━━━ Records for the exercise ━━━

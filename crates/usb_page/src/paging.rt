//! A run's text in, its page out.
ghost use Rattle.std.specs.Prelude.{◌≡◌, IfOk, IfErr};
ghost use Rattle.usb_watch.specs.Watch.{has_failed, known_text, PutsText};
ghost use Rattle.usb_page.specs.Pages.{page_text};

use crate::escape::escaped;
use crate::markup::{HEAD, MIDDLE};
use crate::script::TAIL;
use std::alloc::{AllocError, Global};
use std::io::Write;
use usb_watch::{Watched, WriteFailed, put_pieces};

/// Writes the page of a run's text. The name is its title.
///
/// # Errors
/// Outside: memory was refused, and nothing is written. Inside: the writer failed, and a prefix of the page has gone
/// out.
pub fn put_page<W: Write>(
    alloc: Global,
    name: &str,
    text: &[u8],
    writer: &mut Watched<W>,
) -> Result<Result<(), WriteFailed>, AllocError>
    ensures put { IfOk result (λ put. PutsText (known_text W.contents) has_failed writer.old put
        writer.new (page_text name.now text.now)) }
    ensures refused { IfErr result (λ _. writer.new ≡ writer.old) }
{
    let name = escaped(alloc, name.as_bytes())?;
    let text = escaped(alloc, text)?;
    let pieces: &[&[u8]] = &[
        HEAD.as_bytes(),
        name.as_slice(),
        MIDDLE.as_bytes(),
        text.as_slice(),
        TAIL.as_bytes(),
    ];
    Ok(put_pieces(writer, pieces))
}
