function drawLanes(width, height) {
  lanes.forEach((lane, at) => {
    const y = yOf(at) - LANE / 2;
    if (y < HEAD - LANE || y > height) return;
    ctx.fillStyle = at % 2 ? colours.card : colours.band;
    ctx.fillRect(0, y, width, LANE);
  });
}
function drawNames(height) {
  ctx.fillStyle = colours.card;
  ctx.fillRect(0, HEAD, GUTTER, height);
  drawLanes(GUTTER, height);
  ctx.textBaseline = "middle";
  ctx.save();
  ctx.beginPath();
  ctx.rect(0, HEAD, GUTTER - 6, height);
  ctx.clip();
  lanes.forEach((lane, at) => {
    const y = yOf(at);
    if (y < HEAD - LANE || y > height + LANE) return;
    ctx.font = "12px ui-monospace, 'DejaVu Sans Mono', monospace";
    ctx.fillStyle = colours.ink;
    ctx.fillText(lane.where, 8, y);
    const past = 16 + ctx.measureText(lane.where).width;
    ctx.font = "12px system-ui, 'DejaVu Sans', sans-serif";
    ctx.fillStyle = colours.soft;
    ctx.fillText(lane.name, past, y);
  });
  ctx.restore();
}
function drawAxis(first, end, width) {
  ctx.fillStyle = colours.card;
  ctx.fillRect(0, 0, width, HEAD);
  ctx.fillStyle = colours.soft;
  ctx.font = "11px system-ui, 'DejaVu Sans', sans-serif";
  ctx.textBaseline = "middle";
  let past = GUTTER;
  const every = [1, 2, 5, 10, 20, 50, 100, 200, 500, 1000, 2000, 5000, 10000, 20000, 50000, 100000]
    .find((n) => n * step >= 50) || 200000;
  for (let index = first; index < end; index++) {
    const number = entries[index].number;
    if (!number || number % every !== 0) continue;
    const x = xOf(index), wide = ctx.measureText(number).width;
    if (x - wide / 2 < past) continue;
    ctx.fillText(number, x - wide / 2, AXIS / 2);
    past = x + wide / 2 + 6;
  }
}
function drawEntry(entry, drawn) {
  const x = xOf(entry.index), y = yOf(entry.lane), size = Math.min(11, step * 0.8);
  if (y < HEAD - LANE || y > scroll.clientHeight + LANE) return;
  const key = entry.lane + entry.kind + lets[entry.index];
  if (step < 1 && drawn.get(key) === Math.floor(x)) return;
  drawn.set(key, Math.floor(x));
  ctx.globalAlpha = lets[entry.index] ? 1 : 0.13;
  if (step >= 6) shape(ctx, entry.kind, x, y, size, colours[entry.kind]);
  else {
    const tall = HEIGHTS[entry.kind];
    ctx.fillStyle = colours[entry.kind];
    ctx.fillRect(x - step / 2, y - tall / 2, Math.max(1, step * 0.85), tall);
  }
  ctx.globalAlpha = 1;
}
function drawMarks(first, end, height, lines) {
  const past = {};
  for (let index = first; index < end; index++) {
    const entry = entries[index], x = xOf(index), kind = lines ? "line" : entry.kind;
    if (entry.lane >= 0 || (lines && entry.kind === "result") || x - past[kind] < (lines ? 4 : 5)) continue;
    past[kind] = x;
    ctx.globalAlpha = lets[index] ? 1 : 0.13;
    if (lines) {
      ctx.fillStyle = colours.soft;
      ctx.globalAlpha *= 0.45;
      ctx.fillRect(x, HEAD, 1, height);
    } else shape(ctx, kind, x, yOf(-1), 10, colours[kind]);
  }
  ctx.globalAlpha = 1;
}
function drawTime() {
  const width = scroll.clientWidth, height = scroll.clientHeight, scale = window.devicePixelRatio || 1;
  if (canvas.width !== Math.round(width * scale) || canvas.height !== Math.round(height * scale)) {
    canvas.width = Math.round(width * scale);
    canvas.height = Math.round(height * scale);
    canvas.style.width = width + "px";
    canvas.style.height = height + "px";
  }
  ctx.setTransform(scale, 0, 0, scale, 0, 0);
  ctx.fillStyle = colours.card;
  ctx.fillRect(0, 0, width, height);
  const first = Math.max(0, Math.floor((scroll.scrollLeft - 16) / step));
  const end = Math.min(entries.length, Math.ceil((scroll.scrollLeft + width - GUTTER) / step) + 1);
  drawLanes(width, height);
  const chosen = entries[picked];
  if (chosen) {
    ctx.fillStyle = colours.pick;
    ctx.fillRect(xOf(picked) - Math.max(step, 8) / 2, HEAD, Math.max(step, 8), height);
  }
  drawMarks(first, end, height, true);
  const drawn = new Map();
  for (const last of [false, true]) {
    for (let index = first; index < end; index++) {
      const entry = entries[index];
      if (entry.lane >= 0 && (entry.kind === "damage") === last) drawEntry(entry, drawn);
    }
  }
  drawAxis(first, end, width);
  if (chosen) ring(chosen);
  drawMarks(first, end, height, false);
  drawNames(height);
  ctx.fillStyle = colours.card;
  ctx.fillRect(0, 0, GUTTER, HEAD);
  ctx.fillStyle = colours.soft;
  ctx.font = "12px system-ui, 'DejaVu Sans', sans-serif";
  ctx.fillText("attempt", 8, AXIS / 2);
  ctx.fillText("plugs and listings", 8, AXIS + 11);
  ctx.fillStyle = colours.line;
  ctx.fillRect(0, HEAD - 1, width, 1);
  ctx.fillRect(GUTTER - 1, 0, 1, height);
}
function ring(entry) {
  ctx.strokeStyle = colours.accent;
  ctx.lineWidth = 2;
  ctx.beginPath();
  ctx.arc(xOf(entry.index), yOf(entry.lane), 8, 0, 7);
  ctx.stroke();
}
function showMark(entry) {
  const x = xOf(entry.index), y = yOf(entry.lane);
  if (x < GUTTER + 12 || x > scroll.clientWidth - 12) {
    scroll.scrollLeft += x - (scroll.clientWidth + GUTTER) / 2;
  }
  if (entry.lane >= 0 && (y < HEAD + LANE / 2 || y > scroll.clientHeight - LANE / 2)) {
    scroll.scrollTop += y - scroll.clientHeight / 2;
  }
}
function zoom(factor, at) {
  const x = at === undefined ? (scroll.clientWidth - GUTTER) / 2 : at - GUTTER;
  const index = (scroll.scrollLeft + x) / step;
  fitted = false;
  step = clampStep(step * factor);
  sizeTime();
  scroll.scrollLeft = index * step - x;
  drawTime();
}
function markAt(event) {
  const box = canvas.getBoundingClientRect(), x = event.clientX - box.left, y = event.clientY - box.top;
  if (x < GUTTER) return null;
  const lane = y < HEAD ? -1 : Math.floor((y - HEAD + scroll.scrollTop) / LANE);
  const middle = Math.floor((x - GUTTER - 8 + scroll.scrollLeft) / step);
  const reach = Math.ceil(7 / step);
  for (let away = 0; away <= reach; away++) {
    for (const index of [middle - away, middle + away]) {
      const entry = entries[index];
      if (entry && entry.lane === lane) return entry;
    }
  }
  return null;
}

// One line is picked: in the rows, in the timeline, and in words.

function pick(entry, at, toRow, toMark) {
  picked = entry.index;
  pickedLine = at === undefined ? entry.line : at;
  if (toRow) showRow(pickedLine);
  if (toMark) showMark(entry);
  const what = KINDS.find(([kind]) => kind === entry.kind)[1];
  $("selected").textContent = (entry.number ? "Attempt " + entry.number + " at " + entry.where + ", " + what + ": "
    + entry.text : "After attempt " + attemptsBefore(entry.index) + ": " + lines[pickedLine])
    + (entry.words ? " (" + entry.words + ")" : "");
  drawRows(true);
  drawTime();
}
function attemptsBefore(index) {
  while (index >= 0 && !entries[index].number) index--;
  return index < 0 ? 0 : entries[index].number;
}
function along(by, lane) {
  let index = picked + by;
  if (picked < 0) index = by > 0 ? 0 : entries.length - 1;
  while (entries[index] && !(lets[index] && (lane === undefined || entries[index].lane === lane))) index += by;
  if (entries[index]) pick(entries[index], undefined, true, true);
}
function timeKey(event) {
  const lane = picked < 0 ? undefined : entries[picked].lane;
  const keys = { ArrowRight: () => along(1), ArrowLeft: () => along(-1), ArrowDown: () => along(1, lane),
    ArrowUp: () => along(-1, lane), Home: () => { picked = -1; along(1); }, "+": () => zoom(1.5), "=": () => zoom(1.5),
    End: () => { picked = entries.length; along(-1); }, "-": () => zoom(1 / 1.5), 0: fit,
    Enter: () => $("rows").focus(), PageDown: () => { scroll.scrollLeft += scroll.clientWidth / 2; },
    PageUp: () => { scroll.scrollLeft -= scroll.clientWidth / 2; } };
  press(keys, event);
}
function rowKey(event) {
  const page = Math.max(1, Math.floor($("rows").clientHeight / ROW) - 1);
  const move = (by) => {
    const now = pickedLine < 0 ? -1 : rank(pickedLine);
    const top = Math.min(visible.length - 1, Math.max(0, pickedLine < 0 ? 0 : now + by));
    if (visible.length) pick(entryAt[visible[top]], visible[top], true, true);
  };
  const keys = { ArrowDown: () => move(1), ArrowUp: () => move(-1), PageDown: () => move(page),
    PageUp: () => move(-page), Home: () => move(-lines.length), End: () => move(lines.length),
    Enter: () => scroll.focus() };
  press(keys, event);
}
function press(keys, event) {
  if (event.ctrlKey || event.metaKey || event.altKey || !keys[event.key]) return;
  event.preventDefault();
  keys[event.key]();
}
function fit() {
  fitted = true;
  sizeTime();
}

// The listings as trees, each made when it is opened.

━━━

Your goal: Where a line of the data above includes the string "fillText", pull it out.

Response box:
    ctx.fillText(lane.where, 8, y);
    ctx.fillText(lane.name, past, y);
    ctx.fillText(number, x - wide / 2, AXIS / 2);
  ctx.fillText("attempt", 8, AXIS / 2);
  ctx.fillText("plugs and listings", 8, AXIS + 11);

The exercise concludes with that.